● **Exercise objective**
If a line of the data below holds the word "WeightedAdjoint", list it.

● **Data to use**
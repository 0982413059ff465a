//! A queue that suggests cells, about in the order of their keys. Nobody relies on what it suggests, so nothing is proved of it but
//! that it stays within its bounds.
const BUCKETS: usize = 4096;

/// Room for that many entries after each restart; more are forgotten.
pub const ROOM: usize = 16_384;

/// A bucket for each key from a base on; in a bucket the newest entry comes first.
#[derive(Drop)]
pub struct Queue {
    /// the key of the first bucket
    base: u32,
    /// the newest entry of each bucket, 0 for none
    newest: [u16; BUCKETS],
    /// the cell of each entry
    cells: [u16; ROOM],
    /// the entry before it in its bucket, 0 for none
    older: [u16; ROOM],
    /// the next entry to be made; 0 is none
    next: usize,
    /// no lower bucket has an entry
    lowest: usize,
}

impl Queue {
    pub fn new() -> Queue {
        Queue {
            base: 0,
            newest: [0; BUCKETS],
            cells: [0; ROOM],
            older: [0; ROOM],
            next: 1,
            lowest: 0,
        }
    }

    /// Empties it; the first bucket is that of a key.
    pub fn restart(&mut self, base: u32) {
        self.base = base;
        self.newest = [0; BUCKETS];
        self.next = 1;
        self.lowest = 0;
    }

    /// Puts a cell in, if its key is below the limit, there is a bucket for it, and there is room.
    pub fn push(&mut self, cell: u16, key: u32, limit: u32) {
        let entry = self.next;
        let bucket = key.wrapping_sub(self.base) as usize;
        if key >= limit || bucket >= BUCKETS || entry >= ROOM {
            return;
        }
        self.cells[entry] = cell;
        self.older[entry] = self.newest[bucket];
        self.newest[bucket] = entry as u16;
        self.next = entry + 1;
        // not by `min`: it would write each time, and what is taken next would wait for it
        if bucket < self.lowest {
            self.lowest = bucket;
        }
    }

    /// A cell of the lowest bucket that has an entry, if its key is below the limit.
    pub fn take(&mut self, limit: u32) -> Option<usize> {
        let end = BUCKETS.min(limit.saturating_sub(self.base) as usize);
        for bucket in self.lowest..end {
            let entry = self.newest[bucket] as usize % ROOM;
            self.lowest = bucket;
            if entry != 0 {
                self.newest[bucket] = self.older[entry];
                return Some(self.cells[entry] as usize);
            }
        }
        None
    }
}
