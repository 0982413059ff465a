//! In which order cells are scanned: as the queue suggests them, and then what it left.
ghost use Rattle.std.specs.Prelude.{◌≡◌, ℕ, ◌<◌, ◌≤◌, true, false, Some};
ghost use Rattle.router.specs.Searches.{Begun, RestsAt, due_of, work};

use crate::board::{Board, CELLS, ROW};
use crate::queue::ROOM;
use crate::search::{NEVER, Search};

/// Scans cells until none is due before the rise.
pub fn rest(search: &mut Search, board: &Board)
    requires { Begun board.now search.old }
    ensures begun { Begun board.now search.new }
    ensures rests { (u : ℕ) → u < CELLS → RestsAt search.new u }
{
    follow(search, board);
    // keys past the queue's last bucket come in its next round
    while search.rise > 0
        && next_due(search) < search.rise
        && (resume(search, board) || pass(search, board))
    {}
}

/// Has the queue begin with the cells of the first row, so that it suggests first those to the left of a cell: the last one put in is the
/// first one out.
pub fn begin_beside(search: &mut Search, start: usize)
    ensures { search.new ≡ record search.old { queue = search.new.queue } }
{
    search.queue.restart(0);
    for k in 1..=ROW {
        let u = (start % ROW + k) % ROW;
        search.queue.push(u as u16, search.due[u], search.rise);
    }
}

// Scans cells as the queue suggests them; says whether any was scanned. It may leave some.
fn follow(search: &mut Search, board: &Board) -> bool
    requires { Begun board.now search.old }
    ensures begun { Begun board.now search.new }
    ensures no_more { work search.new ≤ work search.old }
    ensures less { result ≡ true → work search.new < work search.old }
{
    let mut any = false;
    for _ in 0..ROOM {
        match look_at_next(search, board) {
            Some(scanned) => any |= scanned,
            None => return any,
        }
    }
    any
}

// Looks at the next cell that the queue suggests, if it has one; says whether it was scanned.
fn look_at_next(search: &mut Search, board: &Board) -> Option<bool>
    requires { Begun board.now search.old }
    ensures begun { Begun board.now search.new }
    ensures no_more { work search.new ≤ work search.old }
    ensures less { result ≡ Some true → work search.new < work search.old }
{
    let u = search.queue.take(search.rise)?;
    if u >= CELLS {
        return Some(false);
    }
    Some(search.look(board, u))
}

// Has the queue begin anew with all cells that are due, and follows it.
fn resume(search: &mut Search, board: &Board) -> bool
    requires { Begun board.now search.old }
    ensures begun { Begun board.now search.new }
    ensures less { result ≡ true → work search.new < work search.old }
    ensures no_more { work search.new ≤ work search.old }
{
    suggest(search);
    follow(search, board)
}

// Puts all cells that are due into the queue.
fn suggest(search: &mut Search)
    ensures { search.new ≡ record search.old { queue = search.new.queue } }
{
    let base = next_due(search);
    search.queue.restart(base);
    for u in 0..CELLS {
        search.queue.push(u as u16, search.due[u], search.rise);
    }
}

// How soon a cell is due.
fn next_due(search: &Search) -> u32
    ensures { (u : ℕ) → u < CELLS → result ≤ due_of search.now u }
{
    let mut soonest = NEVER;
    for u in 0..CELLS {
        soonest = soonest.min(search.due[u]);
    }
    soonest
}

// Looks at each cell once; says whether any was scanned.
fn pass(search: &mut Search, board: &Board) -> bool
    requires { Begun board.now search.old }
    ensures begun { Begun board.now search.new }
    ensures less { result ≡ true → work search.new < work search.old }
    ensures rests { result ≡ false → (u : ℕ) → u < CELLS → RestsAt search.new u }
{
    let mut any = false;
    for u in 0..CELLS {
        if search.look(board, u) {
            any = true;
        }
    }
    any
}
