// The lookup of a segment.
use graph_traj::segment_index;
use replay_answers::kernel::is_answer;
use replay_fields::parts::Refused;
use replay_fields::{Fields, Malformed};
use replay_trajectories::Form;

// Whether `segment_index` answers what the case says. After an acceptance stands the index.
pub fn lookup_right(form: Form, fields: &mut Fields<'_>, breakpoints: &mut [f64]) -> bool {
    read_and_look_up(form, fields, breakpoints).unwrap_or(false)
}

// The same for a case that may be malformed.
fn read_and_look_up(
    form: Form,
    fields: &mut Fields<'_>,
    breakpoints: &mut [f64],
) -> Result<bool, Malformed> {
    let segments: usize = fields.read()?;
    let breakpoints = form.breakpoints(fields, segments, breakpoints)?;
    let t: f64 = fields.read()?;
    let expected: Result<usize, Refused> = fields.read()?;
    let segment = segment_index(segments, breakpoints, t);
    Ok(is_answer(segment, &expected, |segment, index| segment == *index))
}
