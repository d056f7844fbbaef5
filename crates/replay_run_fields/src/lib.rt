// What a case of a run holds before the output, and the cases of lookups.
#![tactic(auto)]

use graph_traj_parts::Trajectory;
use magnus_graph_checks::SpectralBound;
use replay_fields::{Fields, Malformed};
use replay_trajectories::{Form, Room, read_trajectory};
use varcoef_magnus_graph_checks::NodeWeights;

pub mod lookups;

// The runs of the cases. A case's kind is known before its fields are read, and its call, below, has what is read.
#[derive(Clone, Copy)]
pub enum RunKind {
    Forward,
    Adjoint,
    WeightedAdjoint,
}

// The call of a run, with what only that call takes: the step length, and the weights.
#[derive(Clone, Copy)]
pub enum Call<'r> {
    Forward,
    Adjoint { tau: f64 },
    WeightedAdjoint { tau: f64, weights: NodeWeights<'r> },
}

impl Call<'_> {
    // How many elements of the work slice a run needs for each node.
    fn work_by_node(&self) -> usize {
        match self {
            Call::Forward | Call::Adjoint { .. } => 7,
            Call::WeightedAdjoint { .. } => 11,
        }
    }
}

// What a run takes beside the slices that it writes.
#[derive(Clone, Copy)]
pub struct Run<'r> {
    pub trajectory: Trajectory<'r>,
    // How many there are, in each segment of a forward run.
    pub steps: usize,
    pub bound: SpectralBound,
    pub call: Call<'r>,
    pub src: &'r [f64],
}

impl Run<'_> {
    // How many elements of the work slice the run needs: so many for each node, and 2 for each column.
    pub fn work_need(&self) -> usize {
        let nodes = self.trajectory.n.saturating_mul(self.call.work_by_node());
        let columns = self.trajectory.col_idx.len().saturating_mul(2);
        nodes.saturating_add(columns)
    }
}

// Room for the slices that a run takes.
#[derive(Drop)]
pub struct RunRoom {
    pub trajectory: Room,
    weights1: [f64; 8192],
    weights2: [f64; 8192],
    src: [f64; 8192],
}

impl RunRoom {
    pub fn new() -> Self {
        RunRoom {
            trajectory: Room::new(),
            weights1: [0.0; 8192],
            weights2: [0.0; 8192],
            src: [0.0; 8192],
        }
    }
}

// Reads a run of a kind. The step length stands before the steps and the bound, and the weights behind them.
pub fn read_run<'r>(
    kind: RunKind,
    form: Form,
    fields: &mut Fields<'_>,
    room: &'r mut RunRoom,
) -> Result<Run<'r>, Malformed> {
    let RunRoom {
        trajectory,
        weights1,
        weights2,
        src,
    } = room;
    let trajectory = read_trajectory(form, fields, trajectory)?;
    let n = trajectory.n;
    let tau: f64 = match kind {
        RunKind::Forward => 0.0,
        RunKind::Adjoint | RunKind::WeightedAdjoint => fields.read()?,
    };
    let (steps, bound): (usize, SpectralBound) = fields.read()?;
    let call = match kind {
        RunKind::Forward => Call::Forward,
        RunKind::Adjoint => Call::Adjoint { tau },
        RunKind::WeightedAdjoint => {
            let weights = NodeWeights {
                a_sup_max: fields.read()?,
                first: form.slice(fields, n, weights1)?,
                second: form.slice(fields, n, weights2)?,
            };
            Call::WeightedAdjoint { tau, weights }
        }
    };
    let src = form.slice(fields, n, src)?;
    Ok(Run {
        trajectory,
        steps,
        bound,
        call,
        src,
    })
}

● **Solution for this exercise**
    WeightedAdjoint,
    WeightedAdjoint { tau: f64, weights: NodeWeights<'r> },
            Call::WeightedAdjoint { .. } => 11,
        RunKind::Adjoint | RunKind::WeightedAdjoint => fields.read()?,
        RunKind::WeightedAdjoint => {
            Call::WeightedAdjoint { tau, weights }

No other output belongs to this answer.